Balancing Equations: Ensuring the same number of each type of atom on both sides of a reaction.
Calculation of Reactants and Products
Relative Atomic Mass (Ar): Weighted average mass of an atom compared to carbon-12.
Molar Mass: Mass of one mole of substance expressed in grams.
Titration and Concentration
Titration Function: Used to determine the concentration of an unknown solution by neutralizing it with a solution of known concentration.
Types of Reactions
Endothermic Reactions: Absorb heat; temperature drop in the surroundings.

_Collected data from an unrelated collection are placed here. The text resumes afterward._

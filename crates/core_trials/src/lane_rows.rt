//! Worked examples of a lane on one thread: its sequencer and one reader at a time.

ghost use Rattle.std.specs.Prelude.{IfOk};
ghost use Rattle.shared_lane.specs.Readers.{IsReaderOf};
ghost use Rattle.shared_lane.specs.Sequencers.{IsSequencerOf};

use crate::tools::assert_same;
use cold_flow::{Policy, Refusal};
use shared_core::{Begun, Config, Emit, Ticket, Tried};
use shared_lane::{Lane, Met, Reader, Sequencer, Taken, meet};
use std::alloc::Global;
use std::process::Abort;
use std::test::Fail;

/// The emitter of every value.
const EMITTER: u32 = 5;

const SUSPENDS: Config = Config {
    replay: 0,
    extra: 2,
    policy: Policy::Suspend,
    subscribers: 1,
    emits: 1,
    first: 0,
};

const DROPS_OLDEST: Config = Config {
    replay: 1,
    extra: 1,
    policy: Policy::DropOldest,
    subscribers: 1,
    emits: 1,
    first: 0,
};

/// A call, and its answer.
enum Exchange {
    Try(u64, Tried<u64>),
    Start(u64, Begun<u64, Ticket>),
    Scan(u32),
    Poll(Ticket, Emit),
    Next(Taken<u64>),
}

/// The calls while one reader is open, what it says of itself after them, and how much was accepted since its start.
struct Life<'a> {
    name: &'a str,
    exchanges: &'a [Exchange],
    start: u64,
    accepted: u64,
    received: u64,
    dropped: u64,
}

const WAITS_FOR_ROOM: Life<'_> = Life {
    name: "waits for room",
    exchanges: &[
        Exchange::Try(7, Tried::Accepted(0)),
        Exchange::Try(8, Tried::Accepted(1)),
        Exchange::Try(9, Tried::Full),
        Exchange::Next(Taken::Value(7)),
        Exchange::Start(9, Begun::Accepted(2)),
        Exchange::Start(10, Begun::Waiting(Ticket(0))),
        Exchange::Next(Taken::Value(8)),
        Exchange::Scan(1),
        Exchange::Poll(Ticket(0), Emit::Done(3)),
        Exchange::Next(Taken::Value(9)),
        Exchange::Next(Taken::Value(10)),
        Exchange::Next(Taken::Nothing),
    ],
    start: 0,
    accepted: 4,
    received: 4,
    dropped: 0,
};

const LOSES_THREE: Life<'_> = Life {
    name: "loses three",
    exchanges: &[
        Exchange::Try(1, Tried::Accepted(0)),
        Exchange::Try(2, Tried::Accepted(1)),
        Exchange::Try(3, Tried::Accepted(2)),
        Exchange::Try(4, Tried::Accepted(3)),
        Exchange::Try(5, Tried::Accepted(4)),
        Exchange::Next(Taken::Value(4)),
        Exchange::Next(Taken::Value(5)),
        Exchange::Next(Taken::Nothing),
    ],
    start: 0,
    accepted: 5,
    received: 2,
    dropped: 3,
};

const BEGINS_AT_THE_CACHE: Life<'_> = Life {
    name: "begins at the cache",
    exchanges: &[Exchange::Next(Taken::Value(5))],
    start: 4,
    accepted: 1,
    received: 1,
    dropped: 0,
};

// A lane, and its sequencer.
fn lane_of(alloc: Global, config: Config) -> Result<(Lane<Global>, Sequencer<Global>), u8>
    ensures { IfOk result (λ made. IsSequencerOf made.0 made.1) }
{
    Lane::new(alloc, config).map_err(|refusal| refusal.number())
}

// A reader in the next free place.
fn admitted(rt: &impl Abort, lane: &Lane<Global>, sequencer: &mut Sequencer<Global>) -> Reader
    requires { IsSequencerOf lane.now sequencer.old }
    ensures { IsSequencerOf lane.now sequencer.new × IsReaderOf lane.now result }
{
    sequencer.admit(lane).expect(rt, "a reader")
}

// Makes a call. Whether it was answered so.
fn is_answered(
    lane: &Lane<Global>,
    sequencer: &mut Sequencer<Global>,
    reader: &mut Reader,
    exchange: &Exchange,
) -> bool
    requires { IsSequencerOf lane.now sequencer.old × IsReaderOf lane.now reader.old }
    ensures { IsSequencerOf lane.now sequencer.new × IsReaderOf lane.now reader.new }
{
    match exchange {
        Exchange::Try(word, answer) => sequencer.try_emit(lane, EMITTER, *word) == Ok(*answer),
        Exchange::Start(word, answer) => sequencer.start_emit(lane, EMITTER, *word) == Ok(*answer),
        Exchange::Scan(answer) => sequencer.scan(lane) == *answer,
        Exchange::Poll(ticket, answer) => sequencer.poll_emit(lane, *ticket) == *answer,
        Exchange::Next(answer) => reader.try_next(lane) == *answer,
    }
}

// How many of the calls, from the first on, were answered as they should be.
fn answered(
    lane: &Lane<Global>,
    sequencer: &mut Sequencer<Global>,
    reader: &mut Reader,
    exchanges: &[Exchange],
) -> usize
    requires { IsSequencerOf lane.now sequencer.old × IsReaderOf lane.now reader.old }
    ensures { IsSequencerOf lane.now sequencer.new × IsReaderOf lane.now reader.new }
{
    let mut count: usize = 0;
    for exchange in exchanges {
        if !is_answered(lane, sequencer, reader, exchange) {
            return count;
        }
        count = count.saturating_add(1);
    }
    count
}

// Lives this life as a new reader: compares the answers, what the reader says of itself, also at its end, and what sequencer and
// reader find when they meet.
fn assert_life(
    rt: &impl Abort,
    lane: &Lane<Global>,
    sequencer: &mut Sequencer<Global>,
    life: &Life<'_>,
)
    requires { IsSequencerOf lane.now sequencer.old }
    ensures { IsSequencerOf lane.now sequencer.new }
{
    let mut reader = admitted(rt, lane, sequencer);
    let count = answered(lane, sequencer, &mut reader, life.exchanges);
    let found = (reader.start(), reader.received(), reader.dropped());
    let Met {
        accepted,
        received,
        dropped,
    } = meet(lane, sequencer, &mut reader);
    let met = (accepted, received, dropped);
    let closed = reader.close(lane);
    let ended = (closed.received(), closed.dropped());
    assert_same(rt, life.name, count, life.exchanges.len());
    assert_same(
        rt,
        life.name,
        found,
        (life.start, life.received, life.dropped),
    );
    assert_same(
        rt,
        life.name,
        met,
        (life.accepted, life.received, life.dropped),
    );
    assert_same(rt, life.name, ended, (life.received, life.dropped));
}

#[test]
fn lane_suspends(rt: HostRuntime) -> Result<(), Fail> {
    let (lane, mut sequencer) = lane_of(rt.alloc(), SUSPENDS)?;
    assert_life(&rt, &lane, &mut sequencer, &WAITS_FOR_ROOM);
    Ok(())
}

#[test]
fn lane_drops_oldest(rt: HostRuntime) -> Result<(), Fail> {
    let (lane, mut sequencer) = lane_of(rt.alloc(), DROPS_OLDEST)?;
    assert_life(&rt, &lane, &mut sequencer, &LOSES_THREE);
    assert_life(&rt, &lane, &mut sequencer, &BEGINS_AT_THE_CACHE);
    Ok(())
}

// A reader takes a place and a value, and leaves the place. While it is there nobody else gets in.
fn assert_place_is_free(
    rt: &impl Abort,
    lane: &Lane<Global>,
    sequencer: &mut Sequencer<Global>,
    word: u64,
)
    requires { IsSequencerOf lane.now sequencer.old }
    ensures { IsSequencerOf lane.now sequencer.new }
{
    assert_same(rt, "readers before", sequencer.live(lane), 0);
    let mut reader = admitted(rt, lane, sequencer);
    assert_same(rt, "readers", sequencer.live(lane), 1);
    assert_same(
        rt,
        "a try",
        sequencer.try_emit(lane, EMITTER, word),
        Ok(Tried::Accepted(word)),
    );
    assert_same(rt, "a value", reader.try_next(lane), Taken::Value(word));
    reader.close(lane);
}

/// Each reader gets the only place, which the one before has left.
#[test]
fn a_place_is_left_and_taken_a_thousand_times(rt: HostRuntime) -> Result<(), Fail> {
    let (lane, mut sequencer) = lane_of(rt.alloc(), SUSPENDS)?;
    for word in 0..1000 {
        assert_place_is_free(&rt, &lane, &mut sequencer, word);
    }
    assert_same(&rt, "readers at the end", sequencer.live(&lane), 0);
    Ok(())
}

/// A sequencer that is told of an end counts that reader no more, at its own lane alone. One that has opened the place again
/// counts the next reader still.
#[test]
fn an_end_is_told(rt: HostRuntime) -> Result<(), Fail> {
    let (lane, mut sequencer) = lane_of(rt.alloc(), SUSPENDS)?;
    let (other_lane, mut other_sequencer) = lane_of(rt.alloc(), SUSPENDS)?;
    let other = admitted(&rt, &other_lane, &mut other_sequencer);
    let mut first = admitted(&rt, &lane, &mut sequencer).close(&lane);
    sequencer.told_end(&lane, &mut first);
    assert_same(&rt, "readers, told", sequencer.live(&lane), 0);
    assert_same(&rt, "of another lane", other_sequencer.live(&other_lane), 1);
    let second = admitted(&rt, &lane, &mut sequencer);
    sequencer.told_end(&lane, &mut first);
    assert_same(&rt, "readers, told again", sequencer.live(&lane), 1);
    second.close(&lane);
    other.close(&other_lane);
    Ok(())
}

// A lane, made once more where memory was refused.
fn made_at_last(alloc: Global, config: Config) -> Result<(Lane<Global>, Sequencer<Global>), Refusal>
    ensures { IfOk result (λ made. IsSequencerOf made.0 made.1) }
{
    match Lane::new(alloc, config) {
        Err(Refusal::NoMemory) => Lane::new(alloc, config),
        made => made,
    }
}

// How many readers a new lane has, and whether it accepts a first value.
fn new_lane(alloc: Global, config: Config) -> Result<(u32, bool), Refusal> {
    let (lane, mut sequencer) = made_at_last(alloc, config)?;
    let live = sequencer.live(&lane);
    let tried = sequencer.try_emit(&lane, EMITTER, 7);
    Ok((live, tried == Ok(Tried::Accepted(0))))
}

/// The one call that takes memory succeeds where memory is there, also under `rt try --test --fail-alloc N` when it is
/// made once more.
#[test]
fn a_lane_is_made_where_memory_is(rt: HostRuntime) {
    for config in [SUSPENDS, DROPS_OLDEST] {
        let said = new_lane(rt.alloc(), config);
        assert_same(&rt, "readers, and whether it accepts", said, Ok((0, true)));
    }
}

Exothermic Reactions: Release heat; temperature rise in the surroundings.
Chapter 4: Electrochemistry
Electrolysis: Process of breaking down compounds into their elements using electricity.
Electrolytic Cells: Comprised of anode (oxidation) and cathode (reduction).
Chapter 5: Chemical Energetics
Enthalpy Change: Change in energy during a reaction.
Factors Affecting Reaction Rate: Temperature, concentration, surface area, catalysts.
Chapter 6: Acids, Bases, and Salts
Acids: Proton donors, pH < 7.
Bases: Accept protons; pH > 7, can neutralize acids.
Salts: Produced from the reaction of acids and bases.
Chapter 7: The Periodic Table
Structure: Elements arranged by atomic number; groups and periods.
Trends: Metallic properties increase down a group, nonmetals right, reactivity trend for alkali metals.
Chapter 8: Environmental Chemistry
Pollution: Sources and effects of pollutants (e.g., CO₂, SO₂).
Greenhouse Effect: Role of greenhouse gases in climate change.
Chapter 9: Organic Chemistry
Hydrocarbon Types: Alkanes (saturated), Alkenes (unsaturated).
Reactions: Combustion, polymerization, functional groups.
Chapter 10: Experimental Techniques
Methods: Titration, chromatography, distillation for separation techniques.
Indicators: Used in titrations for endpoint detection.
Chapter 11: Identifying Gases and Ions
Tests for Anions and Cations: Specific reactions and observations that confirm the presence of ions in solutions.
Index of Important Concepts
Stoichiometry, Isotopes, Electrolysis, pH and Indicators, Enthalpy Change, Periodic Trends, Organic Functional Groups, and various Analytical Techniques related to water quality and soil testing.